Collected data

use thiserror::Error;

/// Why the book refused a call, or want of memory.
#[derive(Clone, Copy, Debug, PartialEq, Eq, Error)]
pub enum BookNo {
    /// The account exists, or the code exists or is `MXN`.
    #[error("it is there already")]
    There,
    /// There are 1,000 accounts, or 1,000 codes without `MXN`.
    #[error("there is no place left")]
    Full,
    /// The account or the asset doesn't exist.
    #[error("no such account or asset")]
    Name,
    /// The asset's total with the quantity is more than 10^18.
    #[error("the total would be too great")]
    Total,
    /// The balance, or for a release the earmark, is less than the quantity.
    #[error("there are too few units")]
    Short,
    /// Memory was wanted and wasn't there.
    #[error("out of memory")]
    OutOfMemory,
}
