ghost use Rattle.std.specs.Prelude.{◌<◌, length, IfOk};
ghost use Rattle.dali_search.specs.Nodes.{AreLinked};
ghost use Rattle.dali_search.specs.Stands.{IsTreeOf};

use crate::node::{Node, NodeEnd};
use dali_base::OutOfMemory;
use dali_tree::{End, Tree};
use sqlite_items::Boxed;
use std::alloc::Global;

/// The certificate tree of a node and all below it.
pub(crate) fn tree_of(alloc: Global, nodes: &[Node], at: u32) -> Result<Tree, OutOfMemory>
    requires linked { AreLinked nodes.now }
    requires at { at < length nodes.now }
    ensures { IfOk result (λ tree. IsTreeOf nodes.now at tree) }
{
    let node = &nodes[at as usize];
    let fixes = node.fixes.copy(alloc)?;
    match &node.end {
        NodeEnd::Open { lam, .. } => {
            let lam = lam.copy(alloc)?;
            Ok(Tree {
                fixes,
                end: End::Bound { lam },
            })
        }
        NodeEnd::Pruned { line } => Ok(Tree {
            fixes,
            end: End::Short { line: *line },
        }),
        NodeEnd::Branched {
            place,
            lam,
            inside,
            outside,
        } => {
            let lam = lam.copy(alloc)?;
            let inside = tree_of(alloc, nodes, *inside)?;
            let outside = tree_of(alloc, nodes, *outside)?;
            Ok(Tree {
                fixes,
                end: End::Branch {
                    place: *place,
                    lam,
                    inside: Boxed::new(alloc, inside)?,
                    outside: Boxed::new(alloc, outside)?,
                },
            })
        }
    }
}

- **Required work**
Answer with the number alone after tallying the lines of the entries above that contain the word "outside".

- **Result for this exercise**
3